One of the great contradictions of capitalism where property is sacred is that more and more people become propertyless. Sources of wealth paradoxically become sources of privation and exhaustion for workers. The dream is to own a house but the reality is comprised of mortgages, high rents, stratospheric sale prices, foreclosures and evictions. Under capitalism, workers are tied to production, since they don’t own any of it. Their work is forced, not free. They do not work to satisfy their own needs, but rather the needs of others. Exploitation does not allow for the personality to develop.

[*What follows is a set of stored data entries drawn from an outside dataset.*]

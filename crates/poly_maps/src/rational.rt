//! Polynomials whose coefficients are fractions, kept as lists of terms whose monomials descend.

ghost use Rattle.std.specs.Prelude.{◌≡◌, ℕ, List, [], ◌∷◌, ◌++◌, if◌then◌else◌, Some, None, OnOk, OnErr};
ghost use Rattle.poly_maps.specs.Fraction.{IsFraction, IsRational, fraction_at};
ghost use Rattle.poly_maps.specs.Mono.{is_same};
ghost use Rattle.poly_maps.specs.Polynomial.{AreAbove};

use crate::{Frac, Mono, NoMemory, term_list};
use std::alloc::Global;
use std::marker::Model;

/// A polynomial in eight variables over the rational numbers: a finite map from monomials to fractions in lowest terms
/// that aren't zero.
///
/// It is seen as the list of its terms, the monomials descending.
#[derive(Drop)]
pub struct RatPoly {
    terms: Vec<(Mono, Frac)>,
}

impl Model for RatPoly {
    ghost use Rattle.std.specs.Prelude.{ℕ, List};
    ghost use Rattle.poly_maps.specs.declared.fraction.Frac.{Frac};
    ghost use Rattle.poly_maps.specs.Fraction.{IsRational};

    ghost Value = { List (List ℕ × Frac) };

    ghost view = { λ p. p.terms.items };

    ghost invariant = { λ p. IsRational p.terms.items };
}

impl RatPoly {
    /// The zero polynomial. What it grows by is taken from `alloc`.
    pub fn zero(alloc: Global) -> RatPoly
        ensures { result ≡ [] }
    {
        RatPoly {
            terms: Vec::new(alloc),
        }
    }

    /// Puts the fraction `f` at a monomial that isn't in the map. Where memory runs out, the polynomial stays as it was.
    pub fn add_term(&mut self, mono: Mono, f: Frac) -> Result<(), NoMemory>
        requires absent { fraction_at mono self.old ≡ None }
        requires fraction { IsFraction f }
        ensures ok { OnOk result ((e : List ℕ) → fraction_at e self.new ≡ (if is_same mono e then Some f else fraction_at e self.old)) }
        ensures last { OnOk result (AreAbove mono self.old → self.new ≡ self.old ++ (mono, f) ∷ []) }
        ensures rational { IsRational self.new }
        ensures err { OnErr result (self.new ≡ self.old) }
    {
        // A monomial has eight exponents; the invariant of the terms asks it.
        let _exponents = mono.exponents();
        if let Err(place) = term_list::place(&self.terms, &mono) {
            self.terms.insert(place, (mono, f))?;
        }
        Ok(())
    }

    /// The whole map as a list, the monomials descending.
    pub fn terms(&self) -> &[(Mono, Frac)]
        ensures same { result.now ≡ self.now }
        ensures rational { IsRational self.now }
    {
        &self.terms
    }
}
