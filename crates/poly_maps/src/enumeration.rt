//! All monomials within a bound, in their order.

ghost use Rattle.std.specs.Prelude.{◌≡◌, ℕ, ◌+◌, ◌<◌, ◌≤◌, ◌↔◌, ◌++◌, List, AllPairs, Contains, IfOk, OnOk, if◌then◌else◌, length, nat_lt, slice_index, take, drop};
ghost use Rattle.std.specs.declared.cmp.Ordering.TheVariants.{Less};
ghost use Rattle.poly_maps.specs.Bound.{IsMonomialWithin};
ghost use Rattle.poly_maps.specs.Enumeration.{of_degree, prefixed};
ghost use Rattle.poly_maps.specs.Mono.{degree, mono_cmp};

use crate::{Bound, Mono, NoMemory};
use std::alloc::Global;

/// All monomials in the first `variables` variables that are within the bound, in ascending order.
///
/// First exponents that the bounds of the other variables can't fill up to the degree are left at once.
pub fn monomials(alloc: Global, bound: &Bound, variables: u32) -> Result<Vec<Mono>, NoMemory>
    requires some { 1 ≤ variables }
    requires few { variables ≤ 8 }
    requires total { bound.now.total ≤ 256 }
    ensures ascending { IfOk result (λ monos. AllPairs (λ e f. mono_cmp e f ≡ Less) monos.items) }
    ensures members { IfOk result (λ monos. (e : List ℕ) → Contains monos.items e ↔ IsMonomialWithin bound.now variables e) }
{
    let each = limits(&bound.each, variables as usize);
    let mut found = Vec::new(alloc);
    for degree in 0..bound.total + 1 {
        push_of_degree(&mut found, &each, [0; 8], 0, degree)?;
    }
    Ok(found)
}

/// The bounds of the first `variables` variables, and 0 for the others.
fn limits(each: &[u32; 8], variables: usize) -> [u32; 8]
    requires { variables ≤ 8 }
    ensures eight { length result ≡ 8 }
    ensures limits { (k : ℕ) → slice_index result k ≡ (if nat_lt k variables then slice_index each.now k else 0) }
{
    let mut limits = [0; 8];
    for i in 0..variables {
        limits[i] = each[i];
    }
    limits
}

/// Appends the monomials with this total degree in the variables from `i` on, in ascending order, each exponent at most
/// its entry of `each`. The earlier exponents are those given.
fn push_of_degree(
    found: &mut Vec<Mono>,
    each: &[u32; 8],
    exponents: [u16; 8],
    i: usize,
    degree: u32,
) -> Result<(), NoMemory>
    requires place { i ≤ 8 }
    requires low { degree ≤ 256 }
    ensures { OnOk result (found.new.items ≡ found.old.items ++ prefixed (take i exponents) (of_degree (drop i each.now) degree)) }
{
    if degree as u64 > room(each, i) {
        return Ok(());
    }
    if i == 8 {
        found.push(Mono::new(exponents))?;
        return Ok(());
    }
    for k in 0..degree.min(each[i]) + 1 {
        let mut next = exponents;
        next[i] = k as u16;
        push_of_degree(found, each, next, i + 1, degree - k)?;
    }
    Ok(())
}

/// The sum of the bounds from place `i` on.
fn room(each: &[u32; 8], i: usize) -> u64
    requires { i ≤ 8 }
    ensures { result ≡ degree (drop i each.now) }
{
    let mut room = 0;
    for k in i..8 {
        room += each[k] as u64;
    }
    room
}

#[cfg(test)]
mod tests {
    use super::*;
    use std::test::Fail;

    #[test]
    fn monomials_of_two_variables_in_order(rt: HostRuntime) -> Result<(), Fail> {
        let bound = Bound {
            total: 2,
            each: [1, 2, 5, 5, 5, 5, 5, 5],
        };
        let power = |i: u16, j: u16| Mono::new([i, j, 0, 0, 0, 0, 0, 0]);
        let wanted = [
            power(0, 0),
            power(0, 1),
            power(1, 0),
            power(0, 2),
            power(1, 1),
        ];
        assert_eq!(rt;
            monomials(rt.alloc(), &bound, 2)?.as_slice(),
            wanted.as_slice()
        );
        Ok(())
    }

    #[test]
    fn the_total_degree_cuts_a_large_box(rt: HostRuntime) -> Result<(), Fail> {
        let bound = Bound {
            total: 4,
            each: [4; 8],
        };
        assert_eq!(rt; monomials(rt.alloc(), &bound, 8)?.len(), 495);
        Ok(())
    }
}
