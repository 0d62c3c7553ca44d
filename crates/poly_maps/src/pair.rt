use crate::{Bounds, Poly};

/// A numerator and a denominator.
#[derive(Drop)]
pub struct Pair {
    pub num: Poly,
    pub den: Poly,
}

impl Pair {
    ghost use Rattle.std.specs.Prelude.{◌↔◌, IsTrue};
    ghost use Rattle.poly_maps.specs.Pair.{WithinBounds};

    /// Whether the denominator isn't zero and both parts are within their bounds.
    pub fn within(&self, bounds: &Bounds) -> bool
        ensures { IsTrue result ↔ WithinBounds bounds.now self.now }
    {
        self.den.leading().is_some() && self.num.within(&bounds.num) && self.den.within(&bounds.den)
    }
}
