//! Polynomials along rays.

ghost use Rattle.std.specs.Prelude.{◌≡◌, ◌≢◌, ℕ, ◌+◌, ◌-◌, ◌*◌, ◌%◌, ◌<◌, ◌≤◌, List, length, slice_index, IfOk};
ghost use Rattle.prime_field.specs.Modulus.{value_of};
ghost use Rattle.poly_maps.specs.Polynomial.{value_at, total_degree, AreResidues};
ghost use Rattle.poly_maps.specs.Moved.{moved, graded, point_sum, scaled};
ghost use Rattle.univariate.specs.Univariate.{univariate_value, IsTrimmed};

use crate::powers::Powers;
use crate::shift::moved_by;
use crate::{Mono, NoMemory, Point, Poly};
use prime_field::Modulus;
use std::alloc::Global;

/// The values at `g` of the terms of each total degree up to `highest`, the lowest degree first.
fn values_by_degree(
    alloc: Global,
    m: Modulus,
    terms: &[(Mono, u64)],
    g: &Point,
    highest: u32,
) -> Result<Vec<u64>, NoMemory>
    requires residues { AreResidues (value_of m) terms.now }
    requires highest { total_degree terms.now ≤ highest }
    ensures { IfOk result (λ r. (k : ℕ) → slice_index r.items k ≡ value_at (graded k terms.now) g.now % value_of m) }
{
    let powers = Powers::of(m, g, highest);
    let mut values = vec![in alloc; 0u64; highest as usize + 1]?;
    for term in terms {
        let degree = term.0.total() as usize;
        values[degree] = m.add(values[degree], m.mul(term.1, powers.value(&term.0)));
    }
    Ok(values)
}

/// Takes the zeros off the end.
fn trim(coefficients: &mut Vec<u64>)
    ensures same { (k : ℕ) → slice_index coefficients.new.items k ≡ slice_index coefficients.old.items k }
    ensures trimmed { IsTrimmed coefficients.new.items }
{
    while let Some(0) = coefficients.last() {
        coefficients.pop();
    }
}

impl Poly {
    /// The coefficients in t of the polynomial at `s + t*g`, the lowest first, without zeros at the end. Where a point
    /// has fewer entries than there are variables, the missing ones are 0.
    pub fn on_ray(&self, m: Modulus, s: &Point, g: &Point) -> Result<Vec<u64>, NoMemory>
        requires { AreResidues (value_of m) self.now }
        ensures coefficients { IfOk result (λ r. (k : ℕ) → slice_index r.items k ≡ value_at (graded k (moved s.now self.now)) g.now % value_of m) }
        ensures trimmed { IfOk result (λ r. IsTrimmed r.items) }

        // What follows from the coefficients: how many there are, and the values along the ray.
        ensures degree { IfOk result (λ r. length r.items ≤ total_degree self.now + 1) }
        ensures value { IfOk result (λ r. (t : ℕ) → univariate_value r.items t % value_of m ≡ value_at self.now (point_sum s.now (scaled t g.now)) % value_of m) }
    {
        let alloc = self.allocator();
        let moved = moved_by(alloc, m, self.terms(), s.entries())?;
        let mut coefficients = values_by_degree(alloc, m, moved.terms(), g, moved.total_degree())?;
        trim(&mut coefficients);
        Ok(coefficients)
    }
}

#[cfg(test)]
mod tests {
    use super::*;
    use std::test::Fail;

    #[test]
    fn coefficients_along_rays_at_both_moduli(rt: HostRuntime) -> Result<(), Fail> {
        for m in [Modulus::first(), Modulus::second()] {
            let start = Point::of(&[1, 2]);
            let mut poly = Poly::zero(rt.alloc());
            assert_eq!(rt; poly.on_ray(m, &start, &start)?.len(), 0);

            // x*y + 3 at (1 + 4*t, 2 + 5*t), and where one entry or the other stays.
            poly.add_term(m, Mono::new([1, 1, 0, 0, 0, 0, 0, 0]), 1)?;
            poly.add_term(m, Mono::new([0; 8]), 3)?;
            let slanted = poly.on_ray(m, &start, &Point::of(&[4, 5]))?;
            assert_eq!(rt; slanted.as_slice(), [5, 13, 20].as_slice());
            let along_second = poly.on_ray(m, &start, &Point::of(&[0, 5]))?;
            assert_eq!(rt; along_second.as_slice(), [5, 5].as_slice());
            let along_first = poly.on_ray(m, &start, &Point::of(&[4]))?;
            assert_eq!(rt; along_first.as_slice(), [5, 8].as_slice());
        }
        Ok(())
    }
}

Yet the capitalist is also not free. He is only worth as much as the money he has in the bank. His whole activity is in function of capital, and it winds up dominating him.The doctor says he wants to cure the sick and in fact wants the greatest number of sick people that he can make money from, the architect is horrified by fires or earthquakes that destroy buildings but is secretly gratified by the fat building contracts, the courts and the police say they want to safeguard justice while they really want criminals about, the government contractor claims he wants peace while putting out his hand for the billion dollar war subsidies, etc. Society becomes a mass of people competing with each other trying to fulfill their economic interests. The ruling class have slogans that show how stressful their lives are. "Get them before they get you" and "dog eat dog" (homo homini lupus est) are but two examples of the inhumanity of capitalism. Even when they speak of the common good they separate the individual from society, heroes from the rabble, chosen from not chosen.The idea that it is natural for humans to seek pleasure or well-being and avoid pain becomes a convenient rationalization to have contempt for the poor, to blame the victim, to be indifferent to what happens to others, in order to safeguard class privileges. Such a society is hardly ethical or free.
Ambitious kids from the ghettos and barrios find they do not have a level playing field. The ruling class speaks of the common good, by which they mean what is good for them. When the working class speaks of the common good they mean the good of all of society free of exploitation, in which it is necessary to satisfy material needs; food, medicine, clothing, housing, and just as important, to attend to cultural and ethical needs.